Cemetery Road
Page 22
“So,” I say to Paul, “is Jerry Lee coming or not?”
He grins and pumps a tanned fist. “You better believe it! His driver just pulled up with him. I just got the text. We’re about to hear some bona fide boogie, boy. I’d better run down and bring him up here.”
“Hot damn!” exults Blake Donnelly. “I brung him a special bottle of Calvert Extra. I’m gonna go get it.”
For two minutes the orbiting planets came together, and now they fly apart once more. Paul squeezes my shoulder like he used to on the basketball court, then he and Max spin off in Blake Donnelly’s wake. Wyatt Cash and Tommy Russo fade a few feet away and begin talking among themselves. Only Arthur Pine moves closer to me. The tanned, gray-templed attorney leans in and says, “It really would be regrettable to publish anything that could upset the Chinese at this juncture. Don’t you agree?”
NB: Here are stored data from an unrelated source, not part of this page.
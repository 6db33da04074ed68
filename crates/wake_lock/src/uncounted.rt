//! The calls of the lock for those who count no steps: each opens a count of its own.
ghost use Rattle.std.specs.Prelude.{◌≡◌, ◌<◌, false, IsSome};
ghost use Rattle.sign_base.specs.Calls.{first_of};
ghost use Rattle.wake_lock.specs.Lock.{is_in_line};
ghost use Rattle.wake_lock.specs.LockCalls.{Enters, Releases, Cancels};
ghost use Rattle.wake_lock.specs.WaitList.{calls_of};

use crate::CallId;
use crate::lock::{Entered, Left, WaitLock};
use crate::steps::Steps;
use crate::wait_list::WaitList;
use std::sync::ledger::{Blank, Ledger};

/// `WaitList::first_call`.
pub(crate) fn first<L: Ledger>(waiters: &WaitList, blank: Blank) -> Option<CallId>
    requires name { blank.name ≡ L.name }
    requires parts { blank.parts ≡ L.parts }
    requires share { 0 < blank.parts }
    ensures { result ≡ first_of (calls_of waiters.now.waiters) }
{
    let mut steps = Steps::<L>::new(blank);
    waiters.first_call(&mut steps)
}

/// `WaitLock::enter_counted`.
pub(crate) fn enter<L: Ledger>(lock: &mut WaitLock, id: CallId, blank: Blank) -> Entered
    requires name { blank.name ≡ L.name }
    requires parts { blank.parts ≡ L.parts }
    requires share { 0 < blank.parts }
    requires room { 0 < lock.old.spare }
    requires outside { is_in_line id lock.old ≡ false }
    ensures { Enters id lock.old result lock.new }
{
    let mut steps = Steps::<L>::new(blank);
    lock.enter_counted(id, &mut steps)
}

/// `WaitLock::release_counted`.
pub(crate) fn release<L: Ledger>(lock: &mut WaitLock, blank: Blank) -> Option<CallId>
    requires name { blank.name ≡ L.name }
    requires parts { blank.parts ≡ L.parts }
    requires share { 0 < blank.parts }
    requires held { IsSome lock.old.holder }
    ensures { Releases lock.old result lock.new }
{
    let mut steps = Steps::<L>::new(blank);
    lock.release_counted(&mut steps)
}

/// `WaitLock::cancel_counted`.
pub(crate) fn cancel<L: Ledger>(lock: &mut WaitLock, id: CallId, blank: Blank) -> Left
    requires name { blank.name ≡ L.name }
    requires parts { blank.parts ≡ L.parts }
    requires share { 0 < blank.parts }
    ensures { Cancels id lock.old result lock.new }
{
    let mut steps = Steps::<L>::new(blank);
    lock.cancel_counted(id, &mut steps)
}
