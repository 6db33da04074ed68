//! The lock of a cache, first come, first served. The holder stands apart, and the waiters stand in
//! a list in the order in which they came: `release` hands the lock to the first of them, and a call
//! that comes later never overtakes one that waits. Nobody is woken here: a call that changes the
//! holder names the new one, and its driver wakes it. Room is taken ahead, by `reserve` alone, so no
//! wait fails later.
//!
//! The waiters stand in linked slots, and an index names the slot of each, so a call leaves from
//! anywhere without a walk along the others. Each call also has a form that counts its steps: one
//! for each read and each write of a slot. Finding a call in the index is not counted.
ghost use Rattle.std.specs.Prelude.{◌≡◌, ◌+◌, ◌-◌, ◌^◌, ◌<◌, ◌≤◌, ◌++◌, ◌∷◌, [], None, Some};
ghost use Rattle.std.specs.Prelude.{Option, true, false, not, filter, drop, is_some, length};
ghost use Rattle.std.specs.Prelude.{max, IsSome, IsOk, IsTrue, OnOk, OnErr, if◌then◌else◌};
ghost use Rattle.sign_base.specs.Calls.{same_call, first_of, is_among};
ghost use Rattle.wake_lock.specs.Lock.{line, is_held_by, is_in_line, IsLock};
ghost use Rattle.wake_lock.specs.LockCalls.{Enters, Releases, Cancels};

use crate::steps::Steps;
use crate::wait_list::WaitList;
use crate::{CallId, uncounted};
use sign_base::NoMemory;
use std::alloc::Global;
use std::collections::HashMap;
use std::marker::{Brand, Model};
use std::sync::ledger::{Blank, Ledger};

/// What a call finds that comes to the lock.
#[derive(Clone, Copy, Debug, PartialEq, Eq)]
pub enum Entered {
    /// It holds the lock.
    Granted,
    /// It waits, behind all that came before.
    Queued,
}

/// What a call was that leaves the lock.
#[derive(Clone, Copy, Debug, PartialEq, Eq)]
pub enum Left {
    /// It held the lock. The call named holds it now.
    Holder(Option<CallId>),
    /// It waited.
    Waiter,
    /// Neither.
    Absent,
}

/// A lock whose waiters are served in the order in which they came.
#[derive(Drop)]
pub struct WaitLock {
    holder: Option<CallId>,
    waiters: WaitList,
    index: HashMap<CallId, u32>,
    room: u32,
}

impl Model for WaitLock {
    ghost use Rattle.wake_lock.specs.Lock.{Lock};

    ghost Value = { Lock };

    ghost use Rattle.wake_lock.specs.LockView.{lock_view, IsWaitLock};

    ghost view = { lock_view };

    ghost invariant = { IsWaitLock };
}

impl WaitLock {
    /// A lock that nobody holds. It takes no memory.
    pub fn new(alloc: Global) -> WaitLock
        ensures { result ≡ record { holder = None; waiters = []; spare = 0; slots = 0 } }
    {
        WaitLock {
            holder: None,
            waiters: WaitList::new(alloc),
            index: HashMap::new(alloc),
            room: 0,
        }
    }

    /// Makes room for this many calls to enter, where there is not so much yet, and no more slots than
    /// they take. Holder and waiters stay. Memory is refused only where there is not so much room yet,
    /// and then nothing has changed, the room neither. It never shrinks here.
    /// Room for more calls than slots can be numbered is refused too.
    pub fn reserve(&mut self, n: usize) -> Result<(), NoMemory<()>>
        ensures room { OnOk result (n ≤ self.new.spare) }
        ensures numbered { OnOk result (n < 2 ^ 32) }
        ensures refused { OnErr result (self.old.spare < n) }
        ensures unchanged { OnErr result (self.new ≡ self.old) }
        ensures there { n ≤ self.old.spare → IsOk result }
        ensures spare { self.old.spare ≤ self.new.spare }
        ensures spare_made { OnOk result (self.new.spare ≡ max self.old.spare n) }
        ensures slots { OnOk result
            (self.new.slots ≡ max self.old.slots (length self.old.waiters + n)) }
        ensures holder { self.new.holder ≡ self.old.holder }
        ensures waiters { self.new.waiters ≡ self.old.waiters }
    {
        if n <= self.room as usize {
            return Ok(());
        }
        if n > u32::MAX as usize {
            return Err(NoMemory { back: () });
        }
        self.index.reserve(n)?;
        self.waiters.reserve(n)?;
        self.room = n as u32;
        Ok(())
    }

    /// Gives the lock to a call that comes, or puts it behind all waiters. It takes no memory.
    pub fn enter(&mut self, id: CallId) -> Entered
        requires room { 0 < self.old.spare }
        requires outside { is_in_line id self.old ≡ false }
        ensures answer { result ≡ (if is_some self.old.holder then Entered.Queued else Entered.Granted) }
        ensures holder { self.new.holder ≡ (if is_some self.old.holder then self.old.holder else Some id) }
        ensures waiters { self.new.waiters ≡
            (if is_some self.old.holder then self.old.waiters ++ id ∷ [] else []) }
        ensures line { line self.new ≡ line self.old ++ id ∷ [] }
        ensures spare { self.old.spare ≤ self.new.spare + 1 }
        ensures spare_left { self.new.spare ≡
            (if is_some self.old.holder then self.old.spare - 1 else self.old.spare) }
        ensures slots { self.new.slots ≡ self.old.slots }
    {
        uncounted::enter::<Brand>(self, id, Blank::new(1))
    }

    /// Does what `enter` does, in at most eight counted steps.
    pub fn enter_counted<L: Ledger>(&mut self, id: CallId, steps: &mut Steps<L>) -> Entered
        requires room { 0 < self.old.spare }
        requires outside { is_in_line id self.old ≡ false }
        ensures does { Enters id self.old result self.new }
        ensures steps { steps.new ≤ steps.old + 8 }
    {
        match self.holder {
            None => {
                self.holder = Some(id);
                Entered::Granted
            }
            Some(_) => {
                let place = self.waiters.push(id, steps);
                let Ok(_) = self.index.insert(id, place) else {
                    unreachable!()
                };
                self.room -= 1;
                Entered::Queued
            }
        }
    }

    /// Takes the lock from its holder, and gives it to the first waiter, who is named. It takes no memory.
    pub fn release(&mut self) -> Option<CallId>
        requires { IsSome self.old.holder }
        ensures answer { result ≡ first_of self.old.waiters }
        ensures holder { self.new.holder ≡ first_of self.old.waiters }
        ensures waiters { self.new.waiters ≡ drop 1 self.old.waiters }
        ensures line { line self.new ≡ drop 1 (line self.old) }
        ensures spare { self.old.spare ≤ self.new.spare }
        ensures spare_left { self.new.spare ≡ self.old.spare }
        ensures slots { self.new.slots ≡ self.old.slots }
    {
        uncounted::release::<Brand>(self, Blank::new(1))
    }

    /// Does what `release` does, in at most eight counted steps.
    pub fn release_counted<L: Ledger>(&mut self, steps: &mut Steps<L>) -> Option<CallId>
        requires { IsSome self.old.holder }
        ensures does { Releases self.old result self.new }
        ensures steps { steps.new ≤ steps.old + 8 }
    {
        let Some(place) = self.waiters.first() else {
            self.holder = None;
            return None;
        };
        let next = self.waiters.take(place, steps);
        let _place = self.index.remove(&next);
        self.holder = Some(next);
        Some(next)
    }

    /// Takes the call out of the lock, whatever it is there. It takes no memory.
    pub fn cancel(&mut self, id: CallId) -> Left
        ensures answer { result ≡ (if is_held_by id self.old then Left.Holder (first_of self.old.waiters)
            else if is_among id self.old.waiters then Left.Waiter else Left.Absent) }
        ensures holder { self.new.holder ≡
            (if is_held_by id self.old then first_of self.old.waiters else self.old.holder) }
        ensures waiters { self.new.waiters ≡ (if is_held_by id self.old then drop 1 self.old.waiters
            else filter (λ other. not (same_call other id)) self.old.waiters) }
        ensures line { line self.new ≡ filter (λ other. not (same_call other id)) (line self.old) }
        ensures absent { result ≡ Left.Absent → self.new ≡ self.old }
        ensures lock { IsLock self.old }
        ensures spare { self.old.spare ≤ self.new.spare }
        ensures spare_left { self.new.spare ≡ self.old.spare }
        ensures slots { self.new.slots ≡ self.old.slots }
    {
        uncounted::cancel::<Brand>(self, id, Blank::new(1))
    }

    /// Does what `cancel` does, in at most eight counted steps.
    pub fn cancel_counted<L: Ledger>(&mut self, id: CallId, steps: &mut Steps<L>) -> Left
        ensures does { Cancels id self.old result self.new }
        ensures steps { steps.new ≤ steps.old + 8 }
    {
        if self.is_held_by(id) {
            return Left::Holder(self.release_counted(steps));
        }
        match self.index.remove(&id) {
            None => Left::Absent,
            Some(place) => {
                let _id = self.waiters.take(place, steps);
                Left::Waiter
            }
        }
    }

    /// Whether the call holds the lock.
    fn is_held_by(&self, id: CallId) -> bool
        ensures answer { result ≡ is_held_by id self.now }
        ensures lock { IsLock self.now }
    {
        match self.holder {
            None => false,
            Some(holder) => holder == id,
        }
    }

    /// The call that holds the lock. While nobody holds it nobody waits, and no call stands twice.
    pub fn holder(&self) -> Option<CallId>
        ensures answer { result ≡ self.now.holder }
        ensures lock { IsLock self.now }
    {
        self.holder
    }

    /// The first call that waits.
    pub fn first(&self) -> Option<CallId>
        ensures { result ≡ first_of self.now.waiters }
    {
        uncounted::first::<Brand>(&self.waiters, Blank::new(1))
    }
}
“Mr. Pine, the Watchman is a newspaper, not a propaganda organ. We don’t consider public reaction when making editorial decisions.”
Pine actually laughs at this. “You’ve obviously forgotten how well I used to know your father.”
My back stiffens. “What do you mean by that?”
“Only that Duncan knew part of the job of a small-town daily is boosterism. That’s always been the deal, in every small town in America. It’s part of the compact of capitalism.”
“Is that so?”
Pine nods with unreflective confidence.
“Well . . . I never signed that compact.”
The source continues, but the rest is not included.